Sunday, August 22, 2010
Artsy Fartsy
The new art teacher at Stuarts Draft is a real sweetheart and because we are both new to the school, we have bonded. This is her first year teaching, but she came up with a great first project for her students in digital photography class. They were asked to go around the school and take pictures of letters to make the school's name. She encouraged them even to not take pictures of already formed letters, but letters found in the shape and architecture of the building and its furniture. How fun!
This is what I miss most about my high school experience. High school was a bit choppy for me, seeing that I went to three different high schools. I love bits and pieces of each one. I miss the homey feel of Northern Bedford HS in PA. I miss all my great dynamic and colorful friends from Laurel High in MD. And I miss art class from Chapelgate Academy. Art class got me through my senior year at CCA. I was a senior and new and hardly had any pride in that school. I felt like an outsider a lot and art class made me very happy.
Today, I have a job I love, but I feel like I am a creative jack-of-all-trades that yearns to dabble in all kinds of stuff. I want to be creative with food. I want to be creative with interior design. I want to be creative with words. I want to be creative on canvas. I want to be creative with my camera. I want to be creative with fashion. (I even have "what-I-would-have-done" sketches for Project Runway challenges).

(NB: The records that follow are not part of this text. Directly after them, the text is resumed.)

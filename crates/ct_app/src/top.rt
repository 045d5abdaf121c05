ghost use Rattle.std.specs.Prelude.{◌≡◌, ◌<◌, ◌-◌, ◌^◌, true, length, map, option_map, vec_len};
ghost use Rattle.ct_app.specs.Answers.{Answers};
ghost use Rattle.ct_app.specs.Calls.{list_sides, sides};
ghost use Rattle.ct_app.specs.Complete.{Completes, CompletesList};
ghost use Rattle.ct_app.specs.Ends.{history_entries};
ghost use Rattle.ct_app.specs.Lists.{AnswersList};
ghost use Rattle.ct_app.specs.MeantRuns.{AnswersAsMeant};
ghost use Rattle.ct_app.specs.Reading.{ask_for_list};
ghost use Rattle.ct_app.specs.Run.{OthersStay};
ghost use Rattle.ct_worker.specs.Gates.{AreSameGates};

use crate::fault::{report_end, report_outcome};
use crate::folder::Ran;
use crate::words::{list_words, run_words};
use crate::{Finished, Listed};
use ct_base::{Files, Name, Pair, Sink};
use ct_core::Gate;
use std::alloc::Global;
use std::sync::Wait;
use std::thread::Threads;

/// Does all that the program `ctest` does: runs the tests that the words ask for and reports on
/// them, or puts the list that the words ask for.
///
/// - `words` are the words of the command line behind the program's name.
/// - `env` is the environment of the tests.
/// - `files`, `gates` and `sink` stand for the machine.
///
/// The tests run on as many workers as the level, but at most on as many as there are gates. Each
/// worker uses the gate at its place. All gates come back, in order. The call may wait for the
/// programs that its gates run.
///
/// After the report of a complete run that has tests, the cost data is written for the next run.
/// Then, if a test failed, the log of the failed tests is written. No other path is changed; a
/// write that fails may change its own path.
///
/// Where the words ask for the tests that failed last, the choice is limited to the tests that the
/// log named before the call.
///
/// Source: CMake manual, ctest(1), Run Tests. Statuses other than 0 and 8 are this project's choice.
pub fn ctest_main<R: Threads + Wait + Sync, F: Files, G: Gate + Send, S: Sink + Send>(
    rt: &R,
    alloc: Global,
    words: &[Name],
    env: &[Pair],
    mut files: F,
    mut gates: Vec<G>,
    sink: S,
) -> Finished<F, G, S>
    requires some { 0 < vec_len gates }
    requires few { length words.now < 2 ^ 32 - 1 }
    ensures answer { Answers (sides words.now env.now (F.tells files) (F.tells result.files)
        (map G.tells gates.items) (map G.tells result.gates.items) (S.tells sink) (S.tells result.sink)
        result.plan (option_map history_entries result.history)) result.outcome result.status }
    ensures meant { AnswersAsMeant (sides words.now env.now (F.tells files) (F.tells result.files)
        (map G.tells gates.items) (map G.tells result.gates.items) (S.tells sink) (S.tells result.sink)
        result.plan (option_map history_entries result.history)) result.outcome result.status }
    ensures complete { Completes (sides words.now env.now (F.tells files) (F.tells result.files)
        (map G.tells gates.items) (map G.tells result.gates.items) (S.tells sink) (S.tells result.sink)
        result.plan (option_map history_entries result.history)) result.outcome }
    ensures all { AreSameGates (map G.tells gates.items) (map G.tells result.gates.items) }
    ensures unasked { ask_for_list words.now ≡ true → result.gates.items ≡ gates.items }
    ensures others { OthersStay result.plan gates.items result.gates.items }
{
    let Ran {
        ended,
        names,
        plan,
        history,
        mut sink,
    } = run_words(
        rt,
        alloc,
        words,
        env,
        &mut files,
        gates.as_mut_slice(),
        sink,
    );
    let (outcome, status) = report_end(alloc, &mut sink, names.as_slice(), ended);
    Finished {
        outcome,
        status,
        plan,
        history,
        files,
        gates,
        sink,
    }
}

/// Puts the list that the words ask for: the tests of a run, as text or as JSON, or their labels.
///
/// Where the words ask for a run, the tests of this run are listed. The call reads no specification
/// and no cost data, whatever the words name. It reads the log of the failed tests only where the
/// words ask for the tests that failed last. It makes no plan and refuses no cycle.
/// It stands for callers of the library: no program calls it.
///
/// Source: CMake manual, ctest(1), --show-only, --print-labels, --rerun-failed. Statuses other than 0
/// are this project's choice.
pub fn list_main<F: Files, S: Sink>(
    alloc: Global,
    words: &[Name],
    mut files: F,
    mut sink: S,
) -> Listed<F, S>
    requires { length words.now < 2 ^ 32 - 1 }
    ensures answer { AnswersList (list_sides words.now (F.tells files) (F.tells result.files) (S.tells sink) (S.tells result.sink)) result.outcome result.status }
    ensures complete { CompletesList (list_sides words.now (F.tells files) (F.tells result.files) (S.tells sink) (S.tells result.sink)) result.outcome }
{
    let outcome = list_words(alloc, words, &mut files, &mut sink);
    let (outcome, status) = report_outcome(alloc, &mut sink, &[], outcome);
    Listed {
        outcome,
        status,
        files,
        sink,
    }
}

I have a soul sewn together with crayola and Penguin classics.
So I think...I am going to attempt to devote more time to doing and less time to watching. No more sidelines couch dreamer...more oozer of creativity on every surface I can find.
In that effort, this post will be a kind of gallery, to celebrate what I can do. This is my encouragement to keep playing in paint, words, fabric, and shutter buttons.
Just some photography and paintings I have completed. I have many many more rolling around in my head, as well as in a pile upstairs. Maybe one of these days I can even put one of my short stories on here. Wouldn't it be awesome if one day my name was searchable on Barnes and Noble shelves? Just a thought. I hope this didn't seem to self-absorbed. I really am not that full of myself. Ha.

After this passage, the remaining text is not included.